Last January 24th, the Philippine Clinical Research Professionals, Inc. (PCRP) held its 2020 General Assembly with the theme, “Philippine Clinical Trial: Interdependency, Connection, and Growth”. The assembly was held in Manila Doctors Hospital and was attended by 134 members.
PCRP President, Mr. Rodmar Pulido opened the event and shared the Board of Directors’ (BOD) goals for the organization. The BOD’s plan is to focus on strengthening member engagement – which include continuing company membership, revitalizing the leader’s network, establishing overseas bureau, and boosting the organization’s social media presence. Mr. Pulido is also persistent in continuing the last BODs’ initiative such as the program on building up the vaccine clinical trial in the country, as well as the patient awareness campaign.
As part of the 2020 goals, the board is exerting its effort to gain government attention for clinical trials. This plan includes collaborating with Healthcare Information Management Association of the Philippines, Inc. or HIMAP. HIMAP represents the Philippine Healthcare Information Management Services in the global market. During the event, the HIMAP President, Ms. Maria Cristina Coronel talked on how HIMAP can promote the clinical trial industry in the global market. With these efforts, the clinical trial industry in the Philippines can even go greater. Other speakers invited in the assembly were: Mr. Jefferson Tan, who presented an interesting topic on Data Analytics; Ms. May Chelle Baay who shared her expertise on project management; Ms. Maria Melody Socorro Lagrimas who spoke about her experience and passion in data management; Dr. Evangeline Costelo who discussed about the role of a medical monitor; Dr. Avigail Martha Pastoral-Peco who explained pharmacovigilance; and Mr. Al Ryan L. Baniqued who facilitated the best practice sharing for import and export permit.
Also graced the event is the head of Single Joint Research Board (SJREB), Dr. Jacinto Blas Mantaring III. The SJREB is a joint review mechanism among PHREB duly accredited Research Ethics Committees of DOH Hospitals. He discussed the SJREB full board review process flow which can be done by parallel submission of the study protocol to SJREB and the site Research Ethics Committee.

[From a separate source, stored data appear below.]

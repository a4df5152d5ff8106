// The quantities of inertial and solution messages, by name and unit, in the order in which a message has them: the time of an inertial message first, then the others.
use crate::measure::{MILLISECONDS, Scale, Unit};

// Name and unit. They go by place: a row is a line, which names would spread over four.
#[derive(Clone, Copy)]
pub struct Quantity(pub &'static str, pub Unit);

const ACCELERATION: Unit = Unit("m/s2", Scale::Steps(1, 4));

const RATE: Unit = Unit("rad/s", Scale::Steps(1, 5));

const VELOCITY: Unit = Unit("m/s", Scale::Steps(1, 4));

const ANGLE: Unit = Unit("rad", Scale::Steps(1, 6));

const COORDINATE: Unit = Unit("rad", Scale::Double);

const ALTITUDE: Unit = Unit("m", Scale::Single);

static TIME: [Quantity; 1] = [Quantity("time", MILLISECONDS)];

static INERTIAL: [Quantity; 6] = [
    Quantity("acceleration_x", ACCELERATION),
    Quantity("acceleration_y", ACCELERATION),
    Quantity("acceleration_z", ACCELERATION),
    Quantity("angular_rate_x", RATE),
    Quantity("angular_rate_y", RATE),
    Quantity("angular_rate_z", RATE),
];

static SOLUTION: [Quantity; 9] = [
    Quantity("latitude", COORDINATE),
    Quantity("longitude", COORDINATE),
    Quantity("altitude", ALTITUDE),
    Quantity("velocity_north", VELOCITY),
    Quantity("velocity_east", VELOCITY),
    Quantity("velocity_down", VELOCITY),
    Quantity("heading", ANGLE),
    Quantity("pitch", ANGLE),
    Quantity("roll", ANGLE),
];

pub fn time() -> &'static [Quantity] {
    &TIME
}

// Behind the time.
pub fn inertial() -> &'static [Quantity] {
    &INERTIAL
}

pub fn solution() -> &'static [Quantity] {
    &SOLUTION
}
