// A raw number of a packet, printed in its unit.
use std::fmt;
use std::num::{f32_from_bits_with_nan, f64_from_bits_with_nan};

// How a raw number stands for a quantity.
#[derive(Clone, Copy)]
pub enum Scale {
    // A whole number of steps: each so many of the last decimal place, and so many places.
    Steps(u16, u8),
    // The pattern of a 32-bit or a 64-bit float.
    Single,
    Double,
}

// A unit by its symbol, and the scale in which raw numbers count it. Fields go by place: a unit is a line of a table, which names would spread over four.
#[derive(Clone, Copy)]
pub struct Unit(pub &'static str, pub Scale);

pub(crate) const MILLISECONDS: Unit = Unit("s", Scale::Steps(1, 3));

// Prints as the quantity alone, without the symbol of its unit.
#[derive(Clone, Copy)]
pub struct Measure {
    pub raw: i64,
    pub unit: Unit,
}

// A number with its point before the last `places` digits. Twenty digits hold any number: from twenty places on they are printed without a point.
#[tactic(auto, using(crate::proofs::Tens::ten_some))]
fn write_decimal<W: fmt::Write>(
    f: &mut fmt::Formatter<W>,
    magnitude: u64,
    places: u8,
) -> fmt::Result {
    if places == 0 {
        return write!(f, "{magnitude}");
    }
    match 10u64.checked_pow(u32::from(places)) {
        Some(one) => {
            let whole = magnitude / one;
            let fraction = magnitude % one;
            let width = usize::from(places);
            write!(f, "{whole}.{fraction:0width$}")
        }
        None => write!(f, "{magnitude:020}"),
    }
}

impl fmt::Display for Measure {
    fn fmt<W: fmt::Write>(&self, f: &mut fmt::Formatter<W>) -> fmt::Result {
        let Unit(_, scale) = self.unit;
        match scale {
            Scale::Steps(each, places) => {
                if self.raw < 0 {
                    f.write_char('-')?;
                }
                let magnitude = self.raw.unsigned_abs().saturating_mul(u64::from(each));
                write_decimal(f, magnitude, places)
            }
            Scale::Single => {
                let bits = (self.raw.cast_unsigned() & 0xFFFF_FFFF) as u32;
                let value = f32_from_bits_with_nan(bits);
                write!(f, "{value}")
            }
            Scale::Double => {
                let value = f64_from_bits_with_nan(self.raw.cast_unsigned());
                write!(f, "{value}")
            }
        }
    }
}
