// How people read the numbers of NCOM and MCOM packets: names, units and dates.
// Units turn a raw number into SI, exactly in decimal where the raw number is a whole one.
#![tactic(auto)]

pub mod calendar;
pub mod fields;
pub mod measure;
pub mod quantities;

The Deputy Director General of FDA, Ms. Maria Lourdes Santiago also provided the changes in FDA regulation. Currently, according to FDA Circular 2012-007 A, the process turn-around time was sped up from 120 days to 75 days. To compensate with this change, the regulatory fee increases from PHP 30,000.00 to PHP 60,000.00. With the new scheme, their current data shows and average of 54 days processing time (with a range of 39 -102 days). This year, the administration is proposing a new regulation, in which the processing time for the review of protocol can still be shortened up to 60 days (from 75 days) wherein electronic submission is also being considered.

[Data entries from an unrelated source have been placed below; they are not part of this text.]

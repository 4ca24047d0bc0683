// What the calls test first: whether the state is valid and the time taken, whom a frame is for, and whether its length fits.
#![tactic(auto)]

ghost use Rattle.std.specs.Prelude.{◌≡◌, false, not};
ghost use Rattle.model.specs.Tests.{pick};
ghost use Rattle.model.specs.Request as Model;
ghost use Rattle.uds.specs.Result.{result_of};
ghost use Rattle.config.specs.View.{config_of};
ghost use Rattle.entry.specs.Gate.{barring};
ghost use Rattle.entry.specs.Address.{addressed_of};

use config::Config;
use uds::clock::Instant;
use uds::result::Refusal;

// A frame that is received has at most so many bytes.
const MAX_REQUEST: usize = 4095;

// What every call with a time asks first: 10 where the state is not valid, then 6 where the time is above 2^48. It is told whether the state is
// valid, since a state that is handed on is copied.
pub fn barred(valid: bool, t: Instant) -> Result<(), Refusal>
    ensures { result_of result ≡ barring valid t.0 }
{
    if !valid {
        return Err(Refusal::StateNotValid);
    }
    if Instant::MAX_TIME < t.0 {
        return Err(Refusal::TimeTooLate);
    }
    Ok(())
}

// How a frame was addressed: functionally or not; None where it is for another.
pub fn addressed(config: &Config, dst: u32) -> Option<bool>
    ensures { addressed_of result ≡ Model.addressed (config_of config.now) dst }
{
    if dst == config::physical(config) {
        return Some(false);
    }
    if dst == config::functional(config) {
        return Some(true);
    }
    None
}

// A frame's length is asked where no request is pending.
pub fn misfits(on: bool, frame: &[u8]) -> bool
    ensures { result ≡ pick on false (not (Model.length_fits frame.now)) }
{
    !on && (frame.is_empty() || MAX_REQUEST < frame.len())
}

This event was also made possible with the generosity of the following sponsors: Manila Doctors Hospital, Royal Cargo, and Triload Logistics Corp.

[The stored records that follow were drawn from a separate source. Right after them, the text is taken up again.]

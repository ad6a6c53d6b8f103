//! `drill`: a program that a seed makes, and how large it and its indexes are.
#![tactic(auto)]

mod drill;
mod totals;

pub use drill::run_drill;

Aside from the various talks from speakers, this assembly became a venue for PCRP members to share the best practices of their companies to improve the operation and management of clinical trials in the Philippines. The Philippine clinical trial industry and its growth is indeed interdependent on various organizations and government agencies and to not limit its growth, the industry must be bold in building stronger connections.